Steiner v. Central Trust & Title Co.

274 Pa. 341 | Pa. | 1922

Opinion bt

Mr. Chief Justice Moschzisker,

Plaintiff, Fred J. Steiner, filed a bill in equity to restrain defendant trust company from prosecuting proceedings, under the Act of December 14, 1863, P. L. (1864) 1125, to recover possession of a certain piece of improved real estate, occupied by him under a lease for ten years, which will not expire until March 31, 1926, with a privilege of five additional years to begin April 1, 1926. The injunction was issued as prayed for, “but without prejudice to respondent to proceed in an action in proper form at law”; defendant has appealed.

Section 23 of the National Prohibition, or Volstead, Act, provides that a violation of its provisions, “upon any leased premises by the lessee or occupant thereof, shall, at the option of the lessor, work a forfeiture of the lease.” Plaintiff was charged with a violation of the above law on the demised premises; he pleaded guilty in the United States District Court and was sentenced to pay a fine.
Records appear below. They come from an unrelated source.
use crate::callees::Callees;
use crate::table::RoutineTable;
use ep_base::{Name, NoMemory};
use ep_tree::{Access, Arm, Compound, Statement};
use ep_typed::{
    Actual, CaseArm, Element, EntireVariable, Formal, FormalMode, Interface, MemberDesignator,
    TypedExpr, TypedPlace, TypedStmt, UnitRoutine, WithRecord, WriteItem,
};
use std::alloc::{AllocError, Global};

/// An entire variable (ISO 10206, 6.5.2) whose name is borrowed, of which threats are asked.
#[derive(Clone, Copy)]
pub enum Entire<'a> {
    /// The variable of this number of the unit of this name.
    Variable(&'a Name, u32),
    /// A variable of the routine so many levels up, by its number there.
    Own(u32, u32),
}

impl<'a> Entire<'a> {
    /// A variable whose name is borrowed of it.
    pub fn of(variable: &'a EntireVariable) -> Entire<'a>
        ensures { entire_of result ≡ viewed.entire_of variable.now }
    {
        match variable {
            EntireVariable::Unit(unit, number) => Entire::Variable(unit, *number),
            EntireVariable::Own(up, number) => Entire::Own(*up, *number),
        }
    }

    /// The variable with a name of its own.
    pub fn to_owned(self, alloc: Global) -> Result<EntireVariable, NoMemory>
        ensures { IfOk result (λ variable. viewed.entire_of variable ≡ entire_of self.entry) }
    {
        match self {
            Entire::Variable(unit, number) => Ok(EntireVariable::Unit(unit.copy(alloc)?, number)),
            Entire::Own(up, number) => Ok(EntireVariable::Own(up, number)),
        }
    }
}

/// Whether statements threaten a variable: it or a component of it is assigned to, given for a variable parameter that is
/// not protected, or the control variable of a `for` (ISO 10206, 6.9.4). The routines are those that they may call.
pub fn threatens(routines: &Callees<'_>, variable: Entire<'_>, statements: &[TypedStmt]) -> bool
    ensures { result ≡ stmts_threaten (formals_at (callees_of routines.now)) (entire_of variable.entry)
        (stmts (map stmt_of statements.now)) }
{
    stmts_threaten(statements, routines, variable)
}

/// Whether a routine in the one of the first number, however deep in it, threatens the variable of the second number of that
/// one, whether it is called or not. An error comes where 32 bits do not hold how many routines are around one.
pub fn inner_threatens(
    routine: u32,
    routines: &RoutineTable,
    given: &[Interface],
    number: u32,
) -> Result<bool, NoMemory>
    ensures { IfOk result (λ threatened.
        threatened ≡ spec.inner_threatens routine (callees_in routines.now given.now) number) }
{
    let inner = routines.inner(routine);
    let callees = Callees::of(routines.items(), given);
    let threatened = one_threatens_from(inner, routine, &callees, number)?;
    Ok(threatened)
}

/// Whether one of these routines does.
fn one_threatens_from(
    some: &[UnitRoutine],
    routine: u32,
    routines: &Callees<'_>,
    number: u32,
) -> Result<bool, NoMemory>
    ensures { IfOk result (λ threatened. threatened
        ≡ spec.some_threaten routine (callees_of routines.now) number (map routine_form some.now)) }
{
    for inner in some {
        if threatens_from(inner, routine, routines, number)? {
            return Ok(true);
        }
    }
    Ok(false)
}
November 30,1920, defendant, by resolution of its board of directors, declared plaintiff’s lease forfeited because of this violation of the federal law; and, on December 1, 1920, it accordingly gave plaintiff written notice to vacate. When he failed to remove from the premises, defendant, on January 8,1921, summoned him to appear before a justice of the peace in a possessory action under the Act of 1863; whereupon this bill was filed to restrain the proposed proceedings, on the ground that the statute in question was not intended to apply to a state of facts such as presented by the case at bar.

The Act of 1863 provides that “Where any person ......in this state......having leased......lands or tenements to any person......for a term of......years ......shall be desirous, upon the termination of said lease, to have again and repossess such demised premises, *344having given three months’ notice of such intention to his lessee,......and said lessee......shall refuse to leave......at the expiration of said term, in compliance with......said notice, it shall be lawful for such lessor______ .to complain thereof to any justice of the peace......, whose duty it shall be to summon the defendant......and, upon due proof being made...... that the term......is fully ended, and that three months’ previous notice had been given [to quit]......, then and in that case [judgment of possession may be rendered for plaintiff].”

In Kaufmann v. Liggett, 209 Pa. 87, 93, construing the above quoted statute, we said that the “summary remedy” there provided is not adapted to the determination of intricate and delicate questions of law, adding, “the act was passed in the interests of justice, to give, against tenants who hold over without even the color of right, after the expiration of their terms, a better remedy than the old cumbersome, dilatory and expensive one by action of ejectment; ......[it is] limited to a class of cases that are of easy solution [and the courts cannot] enlarge its scope so as to embrace cases which the average justice of the peace......is incompetent to dispose of.”

In the case at bar, no three months’ notice to quit and no such “expiration” of the term as contemplated by the Act of 1863 are alleged. Moreover, that which is depended upon by defendant as an equivalent, namely, the violation by plaintiff of the Volstead Act, — through the sale of two glasses of liquor on the demised premises, by one of his employees, — presents, from constitutional and other aspects, many nice and intricate questions of law, as yet undetermined by the courts, with which, of course, a justice of the peace is entirely unfitted to cope. Under the circumstances, the court below was quite right in ruling that the act invoked did not apply.

Certain dicta in Quinn v. McCarty, 81 Pa. 475, are largely relied on by appellant to sustain its contention that the Act1 of 1863 applies as a remedy in all instances *345of forfeiture of a term; but that case by no means rules the present one. There, three months’ notice to quit had been given, prior to a definite time fixed by the lease for the ending of the term, in case of the failure of the lessee to live up to the provisions of the contract of letting; and the only question for the justice of the peace was one of fact, — as to whether the lessee had done certain things which, according to the very letter of the lease (the law of the case), had brought the term to an end. As correctly stated by Judge Porter in Robinson v. Moyer, 57 Pa. Superior Ct. 401, 405, Quinn v. McCarty, as an authority, is confined to cases where the lease contains a stipulation for its termination in the event of noncompliance with its provisions; and, we may add, this means, where, under the contract of letting, such noncompliance, when proved, has the same effect as the actual expiration of the term, — then and only then, can the Act of 1863 apply on the theory of an expiration of the term.

That a court of equity has jurisdiction in a proper case to restrain proceedings under the Act of 1863, was squarely decided by us in Kaufmann v. Liggett, supra. Hence we cannot now sustain appellant’s claim to the contrary; nor can we approve its contention that, equity having taken jurisdiction, the court below should have decided the points of law involved in defendant’s favor and awarded it possession of the premises in controversy. The law of Pennsylvania discountenances equitable ejectments, and a case like the present, where no cross-bill was filed and no affirmative relief asked in the answer, is not one which tempts us to depart from this fixed policy.

The assignments of error are overruled and the decree is affirmed at cost of appellant.